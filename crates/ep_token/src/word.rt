//! The word symbols (ISO 10206, 6.1.2), by their places in the list of all of them.

ghost use Rattle.std.specs.Prelude.{◌≡◌};
ghost use Rattle.ep_token.specs.Spellings.{place_of};
ghost use Rattle.ep_token.specs.Words.{word_symbols};

use crate::spelling::place_of;

/// `and`
pub const AND: u8 = 0;

/// `and_then`
pub const AND_THEN: u8 = 1;

/// `array`
pub const ARRAY: u8 = 2;

/// `begin`
pub const BEGIN: u8 = 3;

/// `bindable`
pub const BINDABLE: u8 = 4;

/// `case`
pub const CASE: u8 = 5;

/// `const`
pub const CONST: u8 = 6;

/// `div`
pub const DIV: u8 = 7;

/// `do`
pub const DO: u8 = 8;

/// `downto`
pub const DOWNTO: u8 = 9;

/// `else`
pub const ELSE: u8 = 10;

/// `end`
pub const END: u8 = 11;

/// `export`
pub const EXPORT: u8 = 12;

/// `file`
pub const FILE: u8 = 13;

/// `for`
pub const FOR: u8 = 14;

/// `function`
pub const FUNCTION: u8 = 15;

/// `goto`
pub const GOTO: u8 = 16;

/// `if`
pub const IF: u8 = 17;

/// `import`
pub const IMPORT: u8 = 18;

/// `in`
pub const IN: u8 = 19;

/// `label`
pub const LABEL: u8 = 20;

/// `mod`
pub const MOD: u8 = 21;

/// `module`
pub const MODULE: u8 = 22;

/// `nil`
pub const NIL: u8 = 23;

/// `not`
pub const NOT: u8 = 24;

/// `of`
pub const OF: u8 = 25;

/// `only`
pub const ONLY: u8 = 26;

/// `or`
pub const OR: u8 = 27;

/// `or_else`
pub const OR_ELSE: u8 = 28;

/// `otherwise`
pub const OTHERWISE: u8 = 29;

/// `packed`
pub const PACKED: u8 = 30;

/// `pow`
pub const POW: u8 = 31;

/// `procedure`
pub const PROCEDURE: u8 = 32;

/// `program`
pub const PROGRAM: u8 = 33;

/// `protected`
pub const PROTECTED: u8 = 34;

/// `qualified`
pub const QUALIFIED: u8 = 35;

/// `record`
pub const RECORD: u8 = 36;

/// `repeat`
pub const REPEAT: u8 = 37;

/// `restricted`
pub const RESTRICTED: u8 = 38;

/// `set`
pub const SET: u8 = 39;

/// `then`
pub const THEN: u8 = 40;

/// `to`
pub const TO: u8 = 41;

/// `type`
pub const TYPE: u8 = 42;

/// `until`
pub const UNTIL: u8 = 43;

/// `value`
pub const VALUE: u8 = 44;

/// `var`
pub const VAR: u8 = 45;

/// `while`
pub const WHILE: u8 = 46;

/// `with`
pub const WITH: u8 = 47;

/// The word symbols themselves, in their order.
const SPELLINGS: [&[u8]; 48] = [
    b"and",
    b"and_then",
    b"array",
    b"begin",
    b"bindable",
    b"case",
    b"const",
    b"div",
    b"do",
    b"downto",
    b"else",
    b"end",
    b"export",
    b"file",
    b"for",
    b"function",
    b"goto",
    b"if",
    b"import",
    b"in",
    b"label",
    b"mod",
    b"module",
    b"nil",
    b"not",
    b"of",
    b"only",
    b"or",
    b"or_else",
    b"otherwise",
    b"packed",
    b"pow",
    b"procedure",
    b"program",
    b"protected",
    b"qualified",
    b"record",
    b"repeat",
    b"restricted",
    b"set",
    b"then",
    b"to",
    b"type",
    b"until",
    b"value",
    b"var",
    b"while",
    b"with",
];

/// The place of the word symbol that is spelled so, in lower case.
pub(crate) fn word_of(text: &[u8]) -> Option<u8>
    ensures { result ≡ place_of word_symbols text.now }
{
    match place_of(&SPELLINGS, text) {
        None => None,
        Some(place) => Some(place as u8),
    }
}
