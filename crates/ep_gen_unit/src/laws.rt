//! The laws of the code of statements.

ghost use Rattle.ep_gen_unit.specs.Laws.{StmtCodeStays, StmtCodeIsShort};
ghost use Rattle.ep_gen_unit.specs.ProgramLaws.{ProgramsTell, ProgramsTellAtEnd, ProgramsSpend};
ghost use Rattle.ep_gen_unit.specs.UnitLaws.{ObjectsImplement, StartsAreSimulated, StartsAreSimulatedUnder, RoutinesAreKept, StopsAreSimulated, StopsAreSimulatedUnder};

/// Does nothing: its contract states what holds of the code of every statement. It stays code when the tables grow,
/// and has at most 32 instructions for each typed node.
pub fn laws_of_statements()
    ensures stays { StmtCodeStays }
    ensures short { StmtCodeIsShort }
{}

/// Does nothing: its contract states that wherever the object of a unit stands in an image, its start routine simulates
/// the meaning of the unit's start, and its stop routine that of its stop, and that its procedures and functions keep their
/// promises for what calls of them mean. So the object implements its unit, whatever other units run with it.
pub fn laws_of_units()
    ensures starts { StartsAreSimulated }
    ensures starts_under { StartsAreSimulatedUnder }
    ensures routines { RoutinesAreKept }
    ensures stops { StopsAreSimulated }
    ensures stops_under { StopsAreSimulatedUnder }
    ensures implements { ObjectsImplement }
{}

/// Does nothing: its contract states that a run of the image of a program tells what the program means. A run that has
/// ended has done the same events and ended in the same way, and the events of one that goes on are a front of those of
/// the meaning, and begin with all that the meaning does in one step for 64 ticks. Only where the meaning needs more words,
/// types or calls in each other than every run has room for may the machine have ended for want of storage or of depth. A
/// run that has ended after exactly t ticks and the m steps of the meaning, by its end or where room was lost, have m at most 64 * (t + 1) and t at most
/// 64 * (m + 1).
pub fn laws_of_programs()
    ensures tell { ProgramsTell }
    ensures tell_at_end { ProgramsTellAtEnd }
    ensures spend { ProgramsSpend }
{}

════════

● YOUR GOAL
Your answer must be a single number: the count of lines in the records that hold the word "filename".

● ANSWER BOX
2